As we may perform a similar procedure to all \(\pi \in S_4\) with \(a(x_{\pi (1,2,3,4)})^2=1\) (changing the choice of \(\pi '\)), we see that \(b_{1234} = b_{5678}\) as claimed.

Finally, pairing \(\pi \) with \(\pi '\) given by

$$\begin{aligned} \pi '(1) = \pi (1),\ \ \pi '(2) = \pi (2),\ \ \pi '(3) = \pi (4),\ \ \pi '(4) = \pi (3) \end{aligned}$$

shows that this result still holds if we had flipped \(y_3,y_4\) instead of \(y_1,y_2\). \(\square \)

By Lemma 2, we may assume that \(x_1\le x_2<x_3\le x_4\) and \(y_1<y_2\) and \(y_3<y_4\). Note that, by the definition of discordant, we must have that \(y_2 > y_3\) and \(y_1<y_4\).
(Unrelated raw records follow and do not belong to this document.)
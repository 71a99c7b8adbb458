//! What the hosts do and what happens to them, each at a moment.
ghost use Rattle.std.specs.Prelude.{◌≡◌, ◌<◌, ◌≤◌, All, IfOk, List, OnOk, codes};
ghost use Rattle.ps_time.specs.declared.moment.TheConstants.{MAX_MOMENT};
ghost use Rattle.host_model.specs.Conditions.{IsInput};
ghost use Rattle.rehearsal_script.specs.declared.script.ScriptHost.{ScriptHost};
ghost use Rattle.psched_rehearse.specs.Playing.{IsPlaying};
ghost use Rattle.rehearsal_model.specs.Moves.{Move.Arrives, Move.Lost, Move.Turns, asking};
ghost use Rattle.rehearsal_model.specs.Plays.{MayMake};
ghost use Rattle.rehearsal_model.specs.Reaching.{IsScriptPeer};
ghost use Rattle.rehearsal_model.specs.Requests.{post as reading};
ghost use Rattle.rehearsal_model.specs.Simulations.{Action.Does, Action.Reopens, config_of, simulation_after, simulation_played};
ghost use Rattle.psched_rehearse.specs.Ready.{IsReady};
ghost use Rattle.rehearsal_generate.specs.Posts.{body_of};
ghost use Rattle.rehearsal_generate.specs.Work.{posted, posting, shows};

use crate::post::{Post, body_of};
use ps_time::memory::Memory;
use ps_time::moment::Moment;
use psched_rehearse::arrive::receive;
use psched_rehearse::ask::ask;
use psched_rehearse::requested::{self, Asked};
use psched_rehearse::state::rehearsal::Rehearsal;
use psched_rehearse::state::turn::turn;
use rehearsal_script::script::ScriptHost;
use std::alloc::Global;

/// A turn of the host at a place, and what it sends then.
pub fn take_turn(
    alloc: Global,
    now: &mut Rehearsal,
    place: usize,
    clock: Moment,
) -> Result<(), Memory>
    requires ready { IsReady now.old place clock }
    requires peers { All IsScriptPeer (config_of now.old place).peers }
    ensures { (hosts : List ScriptHost) → OnOk result (now.new ≡ simulation_played hosts now.old clock (Does (Turns place clock))) }
{
    let outcome = turn(alloc, now, place, clock)?;
    drop(outcome);
    now.advance(clock);
    Ok(())
}

/// The host at a place crashes, and is opened again.
pub fn crash(alloc: Global, now: &mut Rehearsal, place: usize, clock: Moment) -> Result<(), Memory>
    requires { IsReady now.old place clock }
    ensures { (hosts : List ScriptHost) → OnOk result (now.new ≡ simulation_played hosts now.old clock (Reopens place clock)) }
{
    now.reopen(alloc, place, clock)?;
    now.advance(clock);
    Ok(())
}

/// The message at a place among those of the hosts, from 1 on, is lost.
pub fn lose(now: &mut Rehearsal, number: u64, clock: Moment)
    ensures { (hosts : List ScriptHost) → now.new ≡ simulation_played hosts now.old clock (Does (Lost number)) }
{
    now.land(number);
    now.advance(clock);
}

/// The message at a place among those of the hosts, from 1 on, arrives.
pub fn arrive(
    alloc: Global,
    hosts: &[ScriptHost],
    now: &mut Rehearsal,
    number: u64,
    clock: Moment,
) -> Result<(), Memory>
    requires playing { IsPlaying hosts.now now.old }
    requires clock { clock ≤ MAX_MOMENT }
    ensures { OnOk result (now.new ≡ simulation_played hosts.now now.old clock (Does (Arrives number clock))) }
{
    let _arrival = receive(alloc, hosts, now, number, clock)?;
    now.advance(clock);
    Ok(())
}

// Nothing is asked where the request was refused as it was read.
fn ask_unless_refused(
    alloc: Global,
    now: &mut Rehearsal,
    place: usize,
    clock: Moment,
    asked: Asked,
) -> Result<(), Memory>
    requires ready { IsReady now.old place clock }
    requires input { IfOk asked (IsInput (config_of now.old place)) }
    ensures simulation { (hosts : List ScriptHost) → OnOk result (now.new ≡ simulation_after hosts now.old (Does (asking place clock asked))) }
    ensures may { MayMake now.old (asking place clock asked) }
{
    match asked {
        Ok(input) => {
            let outcome = ask(alloc, now, place, clock, input)?;
            drop(outcome);
            Ok(())
        }
        Err(response) => {
            drop(response);
            Ok(())
        }
    }
}

// What somebody at an address posts to the host at a place comes to there.
fn read_text(
    alloc: Global,
    now: &Rehearsal,
    place: usize,
    address: &str,
    body: &str,
    clock: Moment,
) -> Result<Asked, Memory>
    requires { IsReady now.now place clock }
    ensures value { IfOk result (λ asked. asked ≡ reading (config_of now.now place) address.now body.now clock) }
    ensures input { IfOk result (λ asked. IfOk asked (IsInput (config_of now.now place))) }
{
    requested::post(alloc, now.held_host(place).config(), address, body, clock)
}

// What a task that is posted to a host comes to there.
fn read_post(alloc: Global, now: &Rehearsal, post: &Post, clock: Moment) -> Result<Asked, Memory>
    requires ready { IsReady now.now post.now.place clock }
    requires place { post.now.place < 8 }
    ensures value { IfOk result (λ asked. asked ≡ reading (config_of now.now post.now.place) (codes "127.0.0.1") (body_of post.now) clock) }
    ensures input { IfOk result (λ asked. IfOk asked (IsInput (config_of now.now post.now.place))) }
{
    let body = body_of(alloc, post)?;
    let address = "127.0.0.1";
    read_text(alloc, now, post.place, address, body.as_str(), clock)
}

fn ask_for(alloc: Global, now: &mut Rehearsal, post: &Post, clock: Moment) -> Result<(), Memory>
    requires ready { IsReady now.old post.now.place clock }
    requires place { post.now.place < 8 }
    ensures simulation { (hosts : List ScriptHost) → OnOk result (now.new ≡ simulation_after hosts now.old (Does (posting now.old clock post.now))) }
    ensures may { OnOk result (MayMake now.old (posting now.old clock post.now)) }
{
    let asked = read_post(alloc, now, post, clock)?;
    ask_unless_refused(alloc, now, post.place, clock, asked)
}

/// Somebody on a host posts a task to it.
#[tactic(auto, unfolding(crate::specs::Work::posted))]
pub fn post(alloc: Global, now: &mut Rehearsal, post: &Post, clock: Moment) -> Result<(), Memory>
    requires ready { IsReady now.old post.now.place clock }
    requires place { post.now.place < 8 }
    ensures simulation { (hosts : List ScriptHost) → OnOk result (now.new ≡ posted (shows hosts) clock post.now now.old) }
    ensures may { OnOk result (MayMake now.old (posting now.old clock post.now)) }
{
    ask_for(alloc, now, post, clock)?;
    now.advance(clock);
    Ok(())
}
From case (ii) we know that there are only 16 permutations \(\pi \) for which \(a(x_{\pi (1,2,3,4)}) \not = 0\) and they satisfy

$$\begin{aligned} \{\pi (1),\pi (2)\} \in \{\{1,2\}, \{3,4\}\}\text { or }\{\pi (1),\pi (3)\} \in \{\{1,2\}, \{3,4\}\}. \end{aligned}$$

If \(\{\pi (1),\pi (2)\} \in \{\{1,2\}, \{3,4\}\}\) and \(\{\pi (1),\pi (3)\} \in \{\{1,4\},\{2,3\}\}\), then we have \(a(y_{\pi (1,2,3,4)}) = 0\). Similarly, \(a(y_{\pi (1,2,3,4)}) = 0\) if \(\{\pi (1),\pi (3)\} \in \{\{1,2\}, \{3,4\}\}\) and \(\{\pi (1),\pi (2)\} \in \{\{1,4\},\{2,3\}\}\). This leaves only 8 permutations \(\pi \in S_4\) for which \(a(x_{\pi (1,2,3,4)})a(y_{\pi (1,2,3,4)})\) may be non-zero, and we check these explicitly:

$$\begin{aligned} a(x_{1,2,3,4})a(y_{1,2,3,4})&= -1\times 1 = -1,&a(x_{2,1,4,3})a(y_{2,1,4,3})&= -1\times 1 = -1, \\ a(x_{3,4,1,2})a(y_{3,4,1,2})&= -1\times 1 = -1,&a(x_{4,3,2,1})a(y_{4,3,2,1})&= -1\times 1 = -1, \\ a(x_{1,3,2,4})a(y_{1,3,2,4})&= 1\times -1 = -1,&a(x_{2,4,1,3})a(y_{2,4,1,3})&= 1\times -1 = -1, \\ a(x_{3,1,4,2})a(y_{3,1,4,2})&= 1\times -1 = -1,&a(x_{4,2,3,1})a(y_{4,2,3,1})&= 1\times -1 = -1. \end{aligned}$$

We conclude that \(b_{1234} = -8\) as claimed.